Automating the removal of terrible mouth sounds from podcasts

It is important to me to create Small Findings episodes that have information that I myself would want to hear. At the same time, for the sake of sustainability, it is also important to keep it cheap in terms of time and effort . That is to say, if it’s too much work, I can’t justify doing it.

Therefore, I cast aside concerns about slick audio and perfect phrasing and vocal performance.

Here are two other things I do to keep it small enough to fit into my life:

  • I record just using my phone without a complex setup or a fixed location. This lets me record a segment wherever I happen to be, whenever I have a few moments of spare time.
  • I automate much of the production. A shell script and Makefile take the m4a files from my phone, normalize them, convert them to the proper formats, concatenate them with the theme music and stings, and make the final mp3. Sometimes, I have to step in to some part of the chain to make a manual edit, but I still save time as a result of the remaining parts being automated.

This saves a lot of time. However, one consequence of recording with a handheld phone is that sometimes I hold it too close to my face and get the dreaded “mouth crackle” in the recording, which can sound distracting at best and gross at worst to the listener.

Here’s an example.

There are a lot of audio issues that I don’t think are important as people think they are, but this one cannot be ignored.

To get rid of the crackle, you can either re-record the segment (which makes the podcast too expensive), or you can isolate the frequencies that the crackle lives in, then cut them out with a graphic equalizer.
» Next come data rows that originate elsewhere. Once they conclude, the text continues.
//! Where the packets lie of a capture, and which of them its records are of.

ghost use Rattle.std.specs.Prelude.{◌≡◌, length, OnOk};
ghost use Rattle.krb_capture.specs.Labels.{of_records};
ghost use Rattle.krb_capture_run.specs.Captures.{capture_listing};
ghost use Rattle.krb_record.specs.Labels.{no_label};
ghost use Rattle.krb_record.specs.declared.form.Form.TheVariants.{NamedLines};
ghost use Rattle.krb_c.specs.Spanned.{is_clean};
ghost use Rattle.krb_c.specs.inner.Within.{AddsWithin};

use crate::spans::Spans;
use krb_capture_run::run_capture;
use krb_file::FileFault;
use krb_judge::Profile;
use krb_packet::{Packet, Packets};
use krb_record::{Form, Label};
use krb_run::{RunEnd, RunFault};
use krb_tool::Limit;
use std::alloc::{AllocError, Global};
use std::io::ErrorKind;
use std::str;

/// The number of octets of the header of a pcap, and of that of each of its packets.
const FILE_HEADER: usize = 24;

const PACKET_HEADER: usize = 16;

/// The fewest octets of a block of a pcapng.
const LEAST_BLOCK: usize = 12;

/// The octets with which a pcapng begins, and each of its sections.
const SECTION: [u8; 4] = [0x0A, 0x0D, 0x0D, 0x0A];

/// The blocks of a file, of which a packet lies in one.
#[derive(Clone, Copy)]
struct Blocks<'a> {
    file: &'a [u8],
    place: usize,
    is_little: bool,
}

/// Returns the octets of a file from a place on.
fn from(file: &[u8], place: usize) -> &[u8] {
    &file[place.min(file.len())..]
}

/// Returns the number that four octets are in an order.
fn number(octets: &[u8], is_little: bool) -> u32 {
    let Some(four) = octets.first_chunk::<4>() else {
        return 0;
    };
    if is_little {
        u32::from_le_bytes(*four)
    } else {
        u32::from_be_bytes(*four)
    }
}

impl Blocks<'_> {
    /// Goes on after the next block. Returns where a packet lies that is in it.
    fn pass(&mut self) -> Option<usize> {
        let block = from(self.file, self.place);
        if block.starts_with(&SECTION) {
            self.is_little = from(block, 8).starts_with(&[0x4D]);
        }
        let begin = self.place;
        let size = number(from(block, 4), self.is_little) as usize;
        self.place = begin.saturating_add(size.max(LEAST_BLOCK));
        match number(block, self.is_little) {
            2 | 6 => Some(begin.saturating_add(28)),
            3 => Some(begin.saturating_add(12)),
            _ => None,
        }
    }

    /// Returns where the next packet lies, or the end of the file.
    fn next_packet(&mut self) -> usize {
        for _ in 0..u64::MAX {
            if self.file.len() <= self.place {
                return self.file.len();
            }
            if let Some(place) = self.pass() {
                return place;
            }
        }
        self.file.len()
    }
}

/// Returns the next packet, or nothing after the last one that can be read.
fn next_of(alloc: Global, packets: &mut Packets<&[u8]>) -> Result<Option<Packet>, RunFault> {
    match packets.next_packet(alloc) {
        Ok(packet) => Ok(packet),
        Err(FileFault::Refused(_)) => Ok(None),
        Err(FileFault::Read) => Err(RunFault::Read(ErrorKind::Other.into())),
        Err(FileFault::Memory) => Err(RunFault::Memory),
    }
}

/// Returns where the packets of a capture lie.
fn packets_of(alloc: Global, file: &[u8]) -> Result<Vec<(usize, usize)>, RunFault> {
    let mut packets = Packets::new(file);
    let mut found = Vec::new(alloc);
    let is_pcapng = file.starts_with(&SECTION);
    let mut blocks = Blocks {
        file,
        place: 0,
        is_little: false,
    };
    let mut next = FILE_HEADER;
    for _ in 0..u64::MAX {
        let Some(packet) = next_of(alloc, &mut packets)? else {
            return Ok(found);
        };
        let begin = if is_pcapng {
            blocks.next_packet()
        } else {
            next.saturating_add(PACKET_HEADER)
        };
        next = begin.saturating_add(packet.octets.as_slice().len());
        found.push((begin, next))?;
        packets.give_back(packet);
    }
    Ok(found)
}

/// Returns the number that a field of a line has, of a name with `=`.
fn field(line: &str, name: &str) -> Option<u64> {
    for word in line.split(' ') {
        if let Some(text) = word.strip_prefix(name) {
            return text.parse::<u64>().ok();
        }
    }
    None
}

/// Returns where the packet of a record lies, or the last part of the file from where it is refused, or
/// where it ends.
fn place_of(packets: &[(usize, usize)], line: &str, all: usize) -> (usize, usize) {
    if line.starts_with("packet=") {
        let packet = field(line, "packet=").unwrap_or(0);
        let index = packet.saturating_sub(1) as usize;
        return packets.get(index).copied().unwrap_or((all, all));
    }
    (field(line, "at=").map_or(all, |at| at as usize), all)
}

/// Adds the octets from a place up to an end, of those that there are.
fn put_within(spans: &mut Spans, begin: usize, end: usize, all: usize) -> Result<(), AllocError>
    ensures { OnOk result (AddsWithin all spans.old spans.new) }
{
    spans.put(begin.min(all), end.min(all))
}

/// Adds for each line of a listing the data of its packet.
fn put_lines(
    spans: &mut Spans,
    packets: &[(usize, usize)],
    listing: &[u8],
    all: usize,
) -> Result<(), AllocError>
    ensures { OnOk result (AddsWithin all spans.old spans.new) }
{
    let Ok(listing) = str::from_utf8(listing) else {
        return Ok(());
    };
    'lines: for line in listing.lines() {
        let (begin, end) = place_of(packets, line, all);
        put_within(spans, begin, end, all)?;
    }
    Ok(())
}

/// Returns whether a run is clean.
fn is_clean(end: RunEnd) -> bool
    ensures { result ≡ is_clean end }
{
    end == RunEnd::Clean
}

/// Adds for each record of a capture the data of its packet in the file.
pub(crate) fn put_capture(
    alloc: Global,
    spans: &mut Spans,
    profile: Profile,
    limit: Limit,
    port: u16,
    file: &[u8],
) -> Result<(), RunFault>
    ensures within { OnOk result (AddsWithin (length file.now) spans.old spans.new) }
    ensures clean { OnOk result (spans.new.is_clean ≡ is_clean (capture_listing (record { label = of_records (no_label NamedLines); profile = profile; limit = limit; port = port }) file.now).end) }
{
    let mut reader = file;
    let mut text = Vec::new(alloc);
    let label = Label::none(Form::NamedLines);
    let end = run_capture(alloc, &label, profile, &mut reader, &mut text, limit, port)?;
    let packets = packets_of(alloc, file)?;
    put_lines(spans, packets.as_slice(), text.as_slice(), file.len())?;
    spans.is_clean = is_clean(end);
    Ok(())
}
The crackle noise lives in the 6 kHz-12 kHz range. That coincides with the frequency range for perceived brightness in music, but luckily, this is speech, not music.
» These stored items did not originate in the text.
//! Where frames lie in a stream.

ghost use Rattle.std.specs.Prelude.{◌≡◌, ◌≤◌, ◌<◌, ◌^◌, ◌==◌, length, IfOk, OnOk};
ghost use Rattle.krb_c.specs.Spans.{frame_at, other_and, refused_end, stream_spans};
ghost use Rattle.krb_c.specs.inner.Adding.{Adds, AddsFirst, IsWithin};

use crate::judging::{frame_size, frame_verdict};
use crate::spans::Spans;
use krb_judge::{Profile, Verdict};
use krb_tool::Limit;
use std::alloc::AllocError;

/// The number of octets of a frame's length (RFC 4120, 7.2.2).
const LENGTH_OCTETS: usize = 4;

/// Returns where a frame ends that is refused and begins at a place: at the end of all, if its length is
/// not known, or says no less.
fn refused_end(begin: usize, size: usize, all: usize) -> usize
    requires begins { begin ≤ all }
    requires short { size < 2 ^ 32 }
    requires all { all < 2 ^ 63 }
    ensures end { result ≡ refused_end begin size all }
    ensures within { result ≤ all }
{
    if size == 0 {
        all
    } else {
        (begin + size).min(all)
    }
}

/// Adds what is no whole frame, and may end at a place: the end of the stream, or what is refused.
/// Returns where the next frame begins, or nothing after the last record.
fn put_other(
    spans: &mut Spans,
    is_end: bool,
    goes_on: bool,
    begin: usize,
    end: usize,
    all: usize,
) -> Result<Option<usize>, AllocError>
    requires { end ≤ all }
    ensures added { IfOk result (AddsFirst (other_and end is_end goes_on begin all) spans.old spans.new) }
    ensures within { IfOk result (IsWithin all) }
{
    if is_end {
        spans.put(begin, begin)?;
        return Ok(None);
    }
    if !goes_on {
        spans.put_refused(begin, all)?;
        return Ok(None);
    }
    spans.put_refused(begin, end)?;
    Ok(Some(end))
}

/// Adds the frame with which a stream goes on at a place. Returns where the next one begins, or nothing
/// after the last record.
fn put_frame(
    spans: &mut Spans,
    profile: Profile,
    limit: Limit,
    goes_on: bool,
    stream: &[u8],
    begin: usize,
) -> Result<Option<usize>, AllocError>
    requires { begin ≤ length stream.now }
    ensures added { IfOk result (AddsFirst (frame_at profile limit goes_on stream.now begin) spans.old spans.new) }
    ensures within { IfOk result (IsWithin (length stream.now)) }
{
    let all = stream.len();
    let (_, rest) = stream.split_at(begin);
    let size = frame_size(rest) as usize;
    let is_end = rest.is_empty();
    match frame_verdict(profile, limit, rest) {
        Verdict::Whole => {
            let end = (begin + size).min(all);
            spans.put(begin + LENGTH_OCTETS, end)?;
            Ok(Some(end))
        }
        Verdict::Open => put_other(spans, is_end, goes_on, begin, all, all),
        Verdict::Refused(_) => {
            let end = refused_end(begin, size, all);
            put_other(spans, is_end, goes_on, begin, end, all)
        }
    }
}

/// Adds the frames of a stream, and where it ends: each message after its length, and of what is
/// refused the whole frame.
pub(crate) fn put_stream(
    spans: &mut Spans,
    profile: Profile,
    limit: Limit,
    goes_on: bool,
    stream: &[u8],
) -> Result<(), AllocError>
    ensures { OnOk result (Adds (stream_spans profile limit goes_on stream.now) spans.old spans.new) }
{
    let mut place = Some(0);
    'frames: for _index in 0..stream.len() + 1 {
        let Some(begin) = place else {
            return Ok(());
        };
        place = put_frame(spans, profile, limit, goes_on, stream, begin)?;
    }
    Ok(())
}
To manually cut those frequencies, you can do something like this with a graphic EQ filter.

Graphic EQ settings for cutting mouth crackle in Audacity.

However, manually doing this for every segment is laborious. It’s going to make me want to quit the podcast. Fortunately, this can be done via the SoX command line program.
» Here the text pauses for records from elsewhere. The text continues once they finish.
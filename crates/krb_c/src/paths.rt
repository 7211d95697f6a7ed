//! The field at fault.

ghost use Rattle.std.specs.Prelude.{◌≡◌, IfOk, string_bytes};
ghost use Rattle.std.specs.Option.{option_map};
ghost use Rattle.krb_c.specs.Numbers.{profile_of};
ghost use Rattle.krb_c.specs.Paths.{fault_path};
ghost use Rattle.krb_c.specs.Written.{IsGiven};

use crate::judging::{MOST_OCTETS, first_octets, front_verdict};
use crate::numbers::profile_of;
use crate::writing::{MEMORY, copy_out};
use krb_der::Memory;
use krb_judge::{Profile, Verdict, path};
use std::alloc::Global;

/// Returns the path of the field at fault in a message of `n` octets, by the first of them, if
/// there is one.
fn fault_path(
    alloc: Global,
    profile: Profile,
    n: usize,
    octets: &[u8],
) -> Result<Option<String>, Memory>
    ensures { IfOk result (λ found. option_map string_bytes found ≡ fault_path profile n octets.now) }
{
    if n > MOST_OCTETS {
        return Ok(None);
    }
    let present = first_octets(octets, n);
    match front_verdict(profile, n, octets) {
        Verdict::Whole => Ok(None),
        Verdict::Open => path(alloc, profile, n as u32, present),
        Verdict::Refused(refusal) => {
            let prefix = first_octets(present, refusal.place as usize + 1);
            path(alloc, profile, n as u32, prefix)
        }
    }
}

/// Writes the path of the field at fault in a message of `n` octets, of which these are the first,
/// by the names of RFC 4120, such as `AS-REQ.req-body.nonce`: of octets that are refused the field
/// with the refused octet, and of those that are not all there the innermost one that is open.
/// Returns 0 if there is one, 1 if there is none, and then it has no octets, and 3 if memory ran
/// out, and then nothing is written.
#[unsafe(no_mangle)]
pub extern "C" fn krbls_path(
    alloc: Global,
    profile: u32,
    n: usize,
    octets: &[u8],
    text: &mut [u8],
    size: &mut usize,
) -> u32
    ensures { IsGiven (fault_path (profile_of profile) n octets.now) text.old text.new size.old size.new result }
{
    match fault_path(alloc, profile_of(profile), n, octets) {
        Ok(Some(found)) => {
            copy_out(found.as_bytes(), text, size);
            0
        }
        Ok(None) => {
            *size = 0;
            1
        }
        Err(Memory) => MEMORY,
    }
}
Here is an example bash script that will run sox on every file in a directory.

#!/bin/bash

for file in meta/before/*.wav
do
  filename=${file##*/}
  sox "${file}" \
    "meta/after/${filename}" \
    equalizer 5k 1.0q -7 \
    equalizer 6.3k 5.0q -20 \
    equalizer 8k 5.0q -20 \
    equalizer 10k 5.0q -20 \
    equalizer 12k 5.0q -20
done

sox commands take an input file, switches (none were used in this example), an output file, and optionally, an effects chain. In the command in the above script, the effects chain is five equalizer filters. Each equalizer clause specifies:

  • The center of the frequencies to be affected
  • The width of the band (how far from the center to go)
  • The amount to adjust the affected band

For example, this clause, equalizer 6.3k 5.0q -20, says “take the frequencies in a narrow band (5.0q) around 6.3 kHz and drop them by as much as 20 dB”. So, sox will drop 20 kHz frequencies by 20 dB, and a little less so for neighboring frequencies.

(The default bandwidth is 1.0q. The higher the value, the narrower the band. This online book has some nice graphs of various q values.)

Again, here’s the terrible mouth crackling clip:

And here it is after running the command to turn those frequencies way down:

It’s now muddier because, as we said, we are reducing the brightness by attenuating those frequencies. However, it is now more listenable, which is the trade-off that we want.

Here is my eq command in context. I bet there are better values I can use, but that’s what I found via ten minutes of experimentation. If you have parameter suggestions, let me know!

Plosives

The other problem with holding a phone rather than having a mic in a fixed position is that you sometimes get pops from speaking plosives too close to the phone mic. A burst of air really close to a mic is unpleasant to hear in a recording.

Here’s what that sounds like:

Fortunately, there are frequencies we can attenuate to sweep these under the rug, too. Unlike the mouth crackle frequencies, plosive pops live in low frequency bands, around 100-130 Hz, in my estimation. (Note that it’s Hz, not kHz.)

If we’re going to filter out stuff that low, we might as well get rid of everything else down there, too. Stuff under 80 Hz doesn’t really serve a purpose outside of music. Everything under 20 Hz is unhearable and is essentially a waste of computer energy, so you might as always roll that off.

Given that, it’s preferable to just say “roll everything off lower than 130 Hz” instead of specifying several individual frequency peaks. And that is exactly what highpass filters are for.

This sox command tells it to only keep frequencies above 130 Hz:

sox before.wav after.wav highpass 130 4q

(The 4q says to do a steeper-than-default rolloff.)

Here’s the clip with the pop again:

And here it is after the highpass filter is run:

It’s not entirely smooth-sounding now, but it is no longer jarringly percussive.

So, now you can have scripts deal with both mouth crackling and plosive pops. Enjoy not having to do that yourself!